Надо ли говорить о том, что его призыв если и достигал какой-либо цели, то скорее обратной.

И дело не только в том, что любой разговор рано или поздно обязательно сворачивал на что-нибудь "этакое". Дело главным образом было в том, что манифестируемая моим товарищем аполитичность как раз и была самой что ни на есть политикой. В те времена, когда каждая, казалось, молекула несла в себе мощный идеологический заряд, любой человеческий жест воспринимался как жест либо за, либо против. А слово "аполитичный" было чуть смягченным синонимом слова "антисоветский". Фраза "Аполитично рассуждаете, гражданин" звучала довольно-таки зловеще. Знакомый рассказывал, как однажды его вызвали в школу, где училась его дочь. Завуч среди прочего говорила: "Понимаете, не знаю даже, как сказать поточнее.

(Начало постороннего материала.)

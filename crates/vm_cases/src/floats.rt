// The numbers that the cases want, by their bits.
pub const ONE: u32 = 0x3F80_0000;

pub const TWO: u32 = 0x4000_0000;

pub const THREE: u32 = 0x4040_0000;

// The one NaN.
pub const NAN: u32 = 0x7FC0_0000;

Но вот у вашей Кати выражение лица часто бывает какое-то несоветское". Сегодня объяснить, что значит "несоветское выражение лица", практически невозможно. А тогда это было очень даже понятно.

Но мы политикой не интересовались, и это было сознательной позицией. Именно аполитичность и была пусть и пассивным, но сопротивлением. Это четко осознавали мы, и это четко осознавали "они", видя наши "несоветские выражения лиц".

Впрочем, все это было давно. А теперь, как известно, другие времена. Совсем другие, уже хотя бы потому, что упомянутая мною ситуация с аполитичностью советских лет развернулась буквально на 180 градусов. "Ни слова о политике" – это главный лозунг теперешней государственной идеологии. А другого – нет и быть не может. Ибо нынешняя власть испытывает огромный, зияющий дефицит идеологии. То есть похоже на то, что у нынешней власти никакой идеологии нету вообще, а потому ее риторика являет собою малосъедобную кашу из взаимоисключающих компонентов – от ультралиберальных и рыночных до державно-имперских. Поэтому именно аполитичность – это нынешний мейнстрим, сознательно и целенаправленно поощряемый и культивируемый кремлевским агитпропом. Аполитичность – это, если угодно, и есть сегодняшний конформизм.

В далекие советские времена высказывание Бертольта Брехта о том, что "для искусства беспартийность означает принадлежность к господствующей партии", казалось мне верхом упертости и нелепости. Сегодня эта фраза звучит совсем по-другому. Нормально звучит. Во всяком случае, есть о чем подумать.